> **Aim of the exercise**: When you spot the word "return" in a line of the data below, copy that line.

> **Raw data**:
*****
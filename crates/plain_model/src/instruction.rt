//! One instruction of a thread.

ghost use Rattle.std.specs.Prelude.{◌≡◌, IfOk, OnOk};
ghost use Rattle.rv_table.specs.Decoded.{decoded};
ghost use Rattle.rv_core.specs.Ranges.{IsPlan};
ghost use Rattle.plain_state.specs.Instructions as plain;
ghost use Rattle.plain_state.specs.Slow.{effect_of, StoresInPages};
ghost use Rattle.plain_model.specs.SlowWorld.{world_of};

use crate::world::World;
use plain_state::{Effect, Place, places_of, registers_with, regs_of};
use rv_core::{Plan, plan};
use rv_table::decode;
use sls_base::{EXECUTE, ILLEGAL_WORD, INSTRUCTION_BYTES, NO_ACCESS, ObjId, Thread};
use std::alloc::{AllocError, Global};

/// Has an effect load the bytes of its own instruction first.
#[tactic(auto, unfolding(plain_state::specs::Slow::effect_of))]
fn load_first(effect: &mut Effect, fetched: Vec<Place>) -> Result<(), AllocError>
    ensures effect { OnOk result (effect_of effect.new ≡ plain.with_fetch fetched.items (effect_of effect.old)) }
    ensures stores { OnOk result (effect.new.stores ≡ effect.old.stores) }
{
    let mut loads = fetched;
    loads.extend_from_slice(effect.loads.as_slice())?;
    effect.loads = loads;
    Ok(())
}

#[tactic(auto, unfolding(crate::specs::SlowWorld::world_of, plain_state::specs::Slow::effect_of))]
impl World {
    /// What a row's effect does.
    fn carried_out(
        &self,
        alloc: Global,
        id: ObjId,
        thread: &Thread,
        plan: Plan,
    ) -> Result<Effect, AllocError>
        requires { IsPlan plan }
        ensures { IfOk result (λ e. (effect_of e ≡ plain.carried_out (world_of self.now) id thread.now plan)
            × StoresInPages e) }
    {
        match plan {
            Plan::Set { rd, value, pc } => Ok(Effect::goes_on(
                alloc,
                registers_with(thread, pc, rd, value),
            )),
            Plan::Load { op, rd, at } => self.running.load_effect(alloc, thread, op, rd, at),
            Plan::Store { op, at, value } => self
                .running
                .store_effect(alloc, thread, op, at, value),
            Plan::Call => self.ecall(alloc, id, thread),
            Plan::Stop(cause) => Ok(Effect::stops(alloc, thread, cause)),
        }
    }

    /// The instruction of a word.
    fn obeyed(
        &self,
        alloc: Global,
        id: ObjId,
        thread: &Thread,
        word: u32,
    ) -> Result<Effect, AllocError>
        ensures { IfOk result (λ e. (effect_of e ≡ plain.obeyed (world_of self.now) id thread.now (decoded word))
            × StoresInPages e) }
    {
        match decode(word) {
            Some(instr) => self.carried_out(alloc, id, thread, plan(instr, &regs_of(thread))),
            None => Ok(Effect::stops(alloc, thread, ILLEGAL_WORD)),
        }
    }

    /// The instruction at a thread's pc.
    pub(crate) fn instruction(
        &self,
        alloc: Global,
        id: ObjId,
        thread: &Thread,
    ) -> Result<Effect, AllocError>
        ensures { IfOk result (λ e. (effect_of e ≡ plain.instruction (world_of self.now) id thread.now)
            × StoresInPages e) }
    {
        let Some(word) = self.running.word_at_pc(thread) else {
            return Ok(Effect::stops(alloc, thread, NO_ACCESS));
        };
        let regions = self.running.seen_by(thread);
        let right = u32::from(EXECUTE);
        let fetched = places_of(alloc, regions, right, thread.pc, INSTRUCTION_BYTES)?;
        let mut effect = self.obeyed(alloc, id, thread, word)?;
        load_first(&mut effect, fetched)?;
        Ok(effect)
    }
}
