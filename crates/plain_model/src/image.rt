//! The limits of an image, and which images are accepted.

ghost use Rattle.std.specs.Prelude.{◌≡◌, ◌↔◌, ◌+◌, ◌*◌, ◌^◌, ◌%◌, ◌<◌, ◌≤◌, true, length, sum_by, All, AllPairs, Any};
ghost use Rattle.plain_model.specs.Initial as plain;
ghost use Rattle.plain_model.specs.Initial.{IsAccepted, IsApart, IsEntered, IsProgram, IsRegion};

use crate::initial::program_size;
use plain_state::{PAGE, includes};
use sls_base::{
    ADDRESSES, EXECUTE, FIRST_PROGRAM_OBJECT, FIRST_PROGRAM_PAGE, INSTRUCTION_BYTES, Image,
    MEMORY_PAGES, OBJECTS, OUTPUT_CHANNELS, PAGE_BYTES, PAGES, Program, REGION_RIGHTS, RegionSpec,
};

/// The programs of an image.
pub const PROGRAMS: usize = 16;
/// The threads of a program.
pub const PROGRAM_THREADS: u8 = 8;
/// The regions of a program.
pub const PROGRAM_REGIONS: usize = 16;

/// The address behind a region.
fn end_of(spec: &RegionSpec) -> u64
    ensures { result ≡ spec.now.base + PAGE_BYTES * spec.now.pages }
{
    u64::from(spec.base) + PAGE * u64::from(spec.pages)
}

fn is_region(spec: &RegionSpec) -> bool
    ensures { (result ≡ true) ↔ IsRegion spec.now }
{
    u64::from(spec.base) % PAGE == 0
        && 1 <= spec.pages
        && usize::from(spec.pages) <= MEMORY_PAGES
        && end_of(spec) <= ADDRESSES
        && 1 <= spec.rights
        && spec.rights <= REGION_RIGHTS
        && spec.content.len() <= PAGE_BYTES * usize::from(spec.pages)
}

/// Whether two regions have no address in common.
fn is_apart(a: &RegionSpec, b: &RegionSpec) -> bool
    ensures { (result ≡ true) ↔ IsApart a.now b.now }
{
    end_of(a) <= u64::from(b.base) || end_of(b) <= u64::from(a.base)
}

/// Whether a region has no address in common with any of the others.
fn is_apart_from_all(spec: &RegionSpec, others: &[RegionSpec]) -> bool
    ensures { (result ≡ true) ↔ All (IsApart spec.now) others.now }
{
    others.iter().all(|other| is_apart(spec, other))
}

/// Whether no two regions have an address in common.
fn are_apart(specs: &[RegionSpec]) -> bool
    ensures { (result ≡ true) ↔ AllPairs IsApart specs.now }
{
    match specs {
        [] => true,
        [spec, others @ ..] => is_apart_from_all(spec, others) && are_apart(others),
    }
}

fn are_regions(specs: &[RegionSpec]) -> bool
    ensures { (result ≡ true) ↔ All IsRegion specs.now }
{
    specs.iter().all(is_region)
}

/// Whether a program may begin in a region.
fn is_entered(program: &Program, spec: &RegionSpec) -> bool
    ensures { (result ≡ true) ↔ IsEntered program.now spec.now }
{
    includes(u32::from(spec.rights), u32::from(EXECUTE))
        && spec.base <= program.entry
        && u64::from(program.entry) < end_of(spec)
}

/// Whether a program may begin in one of its regions.
fn has_entry(program: &Program) -> bool
    ensures { (result ≡ true) ↔ Any (IsEntered program.now) program.now.regions.items }
{
    program.regions.iter().any(|spec| is_entered(program, spec))
}

/// Whether a program's numbers are within the limits.
fn is_within_limits(program: &Program) -> bool
    ensures { (result ≡ true) ↔ ((1 ≤ program.now.threads) × (program.now.threads ≤ PROGRAM_THREADS)
        × (1 ≤ length program.now.regions.items) × (length program.now.regions.items ≤ PROGRAM_REGIONS)
        × (program.now.channels < 2 ^ (OUTPUT_CHANNELS + 2)) × (program.now.entry % INSTRUCTION_BYTES ≡ 0)) }
{
    1 <= program.threads
        && program.threads <= PROGRAM_THREADS
        && 1 <= program.regions.len()
        && program.regions.len() <= PROGRAM_REGIONS
        && u32::from(program.channels) < 1 << (OUTPUT_CHANNELS + 2)
        && program.entry % INSTRUCTION_BYTES == 0
}

fn is_program(program: &Program) -> bool
    ensures { (result ≡ true) ↔ IsProgram program.now }
{
    let regions = program.regions.as_slice();
    is_within_limits(program) && are_regions(regions) && are_apart(regions) && has_entry(program)
}

/// Whether programs are some and not too many, each within the limits.
fn are_programs(programs: &[Program]) -> bool
    ensures { (result ≡ true) ↔
        ((1 ≤ length programs.now) × (length programs.now ≤ PROGRAMS) × All IsProgram programs.now) }
{
    1 <= programs.len() && programs.len() <= PROGRAMS && programs.iter().all(is_program)
}

/// The numbers of objects that programs have.
fn objects_of(programs: &[Program]) -> usize
    requires count { length programs.now ≤ PROGRAMS }
    requires programs { All IsProgram programs.now }
    ensures objects { result ≡ sum_by plain.program_size programs.now }
    ensures few { result ≤ 255 * length programs.now }
{
    let mut objects = 0;
    for program in programs {
        objects += usize::from(program_size(program));
    }
    objects
}

/// The pages that regions have.
fn pages_in(specs: &[RegionSpec]) -> usize
    requires { length specs.now ≤ PROGRAM_REGIONS }
    ensures pages { result ≡ sum_by plain.pages_taken specs.now }
    ensures few { result ≤ 255 * length specs.now }
{
    let mut pages = 0;
    for spec in specs {
        pages += usize::from(spec.pages);
    }
    pages
}

/// The pages that programs have.
fn pages_of(programs: &[Program]) -> usize
    requires count { length programs.now ≤ PROGRAMS }
    requires programs { All IsProgram programs.now }
    ensures pages { result ≡ sum_by plain.program_pages programs.now }
    ensures few { result ≤ 4080 * length programs.now }
{
    let mut pages = 0;
    for program in programs {
        pages += pages_in(program.regions.as_slice());
    }
    pages
}

/// Whether there are numbers for all objects and pages of programs.
fn has_numbers(programs: &[Program]) -> bool
    requires count { length programs.now ≤ PROGRAMS }
    requires programs { All IsProgram programs.now }
    ensures { (result ≡ true) ↔ ((FIRST_PROGRAM_OBJECT + sum_by plain.program_size programs.now ≤ OBJECTS)
        × (FIRST_PROGRAM_PAGE + sum_by plain.program_pages programs.now ≤ PAGES)) }
{
    usize::from(FIRST_PROGRAM_OBJECT) + objects_of(programs) <= OBJECTS
        && usize::from(FIRST_PROGRAM_PAGE) + pages_of(programs) <= PAGES
}

/// Whether an image is accepted: each program has its threads and regions within the limits, regions that are whole pages with
/// rights and don't meet, and an entry from which it may fetch; and there are numbers for all objects and pages.
pub fn is_accepted(image: &Image) -> bool
    ensures { (result ≡ true) ↔ IsAccepted image.now }
{
    let programs = image.programs.as_slice();
    are_programs(programs) && has_numbers(programs)
}
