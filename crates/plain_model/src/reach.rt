//! What the next instruction of a thread reaches in memory, told without carrying it out.

ghost use Rattle.std.specs.Prelude.{◌≡◌, Option, option_map};
ghost use Rattle.rv_table.specs.Decoded.{decoded};
ghost use Rattle.rv_core.specs.Ranges.{IsPlan};
ghost use Rattle.plain_state.specs.States.{thread_at};
ghost use Rattle.plain_state.specs.Effects.{Effect};
ghost use Rattle.plain_state.specs.Ticks as ticks;
ghost use Rattle.plain_state.specs.Ticks.{puts_to_page};
ghost use Rattle.plain_state.specs.declared.effect.Output.{Output};
ghost use Rattle.plain_state.specs.CallEffects as calls;
ghost use Rattle.plain_state.specs.Instructions as plain;
ghost use Rattle.plain_state.specs.SlowReach.{IsReach};
ghost use Rattle.plain_model.specs.SlowWorld.{world_of};

use crate::world::World;
use plain_state::{Call, NO_REACH, Reach, Span, regs_of};
use rv_core::{Plan, plan};
use rv_table::decode;
use sls_base::{CoreNo, EXECUTE, INSTRUCTION_BYTES, ObjId, PageNo, READ, Thread, WRITE};

#[tactic(auto, unfolding(crate::specs::SlowWorld::world_of, plain_state::specs::CallEffects::effect_of_call))]
impl World {
    /// What a call reaches that isn't refused: only a put and a get reach anything.
    fn reach_of_call(&self, id: ObjId, thread: &Thread, call: Call) -> Reach
        ensures { IsReach (world_of self.now).now thread.now result
            (calls.effect_of_call (world_of self.now) id thread.now call) }
    {
        match call {
            Call::Put => self.running.reach_of_put(thread),
            Call::Get => self.running.reach_of_get(thread),
            Call::Yield
            | Call::Halt
            | Call::MemNew
            | Call::Map
            | Call::Unmap
            | Call::SpaceNew
            | Call::GroupNew
            | Call::CapCopy
            | Call::CapDrop
            | Call::ThreadNew
            | Call::NoteNew
            | Call::Signal
            | Call::Wait
            | Call::ConnNew
            | Call::ConnCall
            | Call::Serve
            | Call::Checkpoint => NO_REACH,
        }
    }
}

#[tactic(auto, unfolding(crate::specs::SlowWorld::world_of))]
impl World {
    /// What the call that x17 names reaches.
    fn reach_of_ecall(&self, id: ObjId, thread: &Thread) -> Reach
        ensures { IsReach (world_of self.now).now thread.now result (calls.ecall (world_of self.now) id thread.now) }
    {
        let Some(call) = Call::named(thread) else {
            return NO_REACH;
        };
        match self.refusal_of(id, thread, call) {
            Some(_) => NO_REACH,
            None => self.reach_of_call(id, thread, call),
        }
    }

    /// What a row's effect reaches.
    fn reach_of_plan(&self, id: ObjId, thread: &Thread, plan: Plan) -> Reach
        requires { IsPlan plan }
        ensures { IsReach (world_of self.now).now thread.now result
            (plain.carried_out (world_of self.now) id thread.now plan) }
    {
        match plan {
            Plan::Load { op, at, .. } => self.running.reach_of_load(thread, op, at),
            Plan::Store { op, at, .. } => self.running.reach_of_store(thread, op, at),
            Plan::Call => self.reach_of_ecall(id, thread),
            Plan::Set { .. } | Plan::Stop(_) => NO_REACH,
        }
    }

    /// What the instruction of a word reaches.
    pub(crate) fn reach(&self, id: ObjId, thread: &Thread, word: u32) -> Reach
        ensures { IsReach (world_of self.now).now thread.now result
            (plain.obeyed (world_of self.now) id thread.now (decoded word)) }
    {
        match decode(word) {
            Some(instr) => self.reach_of_plan(id, thread, plan(instr, &regs_of(thread))),
            None => NO_REACH,
        }
    }
}

/// Whether an entry on a channel, if there is one, is stored to a page.
fn is_ring_page(channel: Option<u8>, page: PageNo) -> bool
    ensures { (output : Option Output) → option_map (λ o. o.channel) output ≡ channel → result
        ≡ puts_to_page output page }
{
    match channel {
        Some(channel) => PageNo::from(channel) == page,
        None => false,
    }
}

#[tactic(auto, unfolding(crate::specs::SlowWorld::world_of))]
impl World {
    /// Whether what an instruction reaches has it store to a page.
    fn stores_to(&self, thread: &Thread, reach: &Reach, page: PageNo) -> bool
        ensures { (e : Effect) → IsReach (world_of self.now).now thread.now reach.now e → result
            ≡ ticks.stores_to (world_of self.now).now e page }
    {
        let regions = self.running.seen_by(thread);
        self.running
            .is_on_page(regions, u32::from(WRITE), reach.stores, page)
            || is_ring_page(reach.channel, page)
    }

    /// Whether the next instruction of a thread stores to a page.
    fn stores_by(&self, id: ObjId, page: PageNo) -> bool
        ensures { result ≡ ticks.stores_to (world_of self.now).now
            (plain.instruction (world_of self.now) id (thread_at (world_of self.now).now id)) page }
    {
        let thread = self.running.thread_at(id);
        match self.running.word_at_pc(&thread) {
            Some(word) => self.stores_to(&thread, &self.reach(id, &thread, word), page),
            None => false,
        }
    }

    /// Whether the next instruction of a thread is fetched from a page or loads from it.
    fn loads_by(&self, id: ObjId, page: PageNo) -> bool
        ensures { result ≡ ticks.loads_from (world_of self.now).now
            (plain.instruction (world_of self.now) id (thread_at (world_of self.now).now id)) page }
    {
        let thread = self.running.thread_at(id);
        let Some(word) = self.running.word_at_pc(&thread) else {
            return false;
        };
        let own = Span {
            at: thread.pc,
            count: INSTRUCTION_BYTES,
        };
        let loads = self.reach(id, &thread, word).loads;
        let regions = self.running.seen_by(&thread);
        self.running
            .is_on_page(regions, u32::from(EXECUTE), own, page)
            || self
                .running
                .is_on_page(regions, u32::from(READ), loads, page)
    }

    /// Whether the next tick of a core fetches from, loads from or stores to a page.
    pub fn touches(&self, core: CoreNo, page: PageNo) -> bool
        ensures { result ≡ ticks.touches (world_of self.now) core page }
    {
        match self.running.next_thread(core) {
            Some(id) => self.loads_by(id, page) || self.stores_by(id, page),
            None => false,
        }
    }

    /// Whether the next tick of a core stores to a page.
    pub fn must_store(&self, core: CoreNo, page: PageNo) -> bool
        ensures { result ≡ ticks.must_store (world_of self.now) core page }
    {
        match self.running.next_thread(core) {
            Some(id) => self.stores_by(id, page),
            None => false,
        }
    }
}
*****
> **Exercise output**:
            return Ok(Effect::stops(alloc, thread, NO_ACCESS));
            return NO_REACH;
            return false;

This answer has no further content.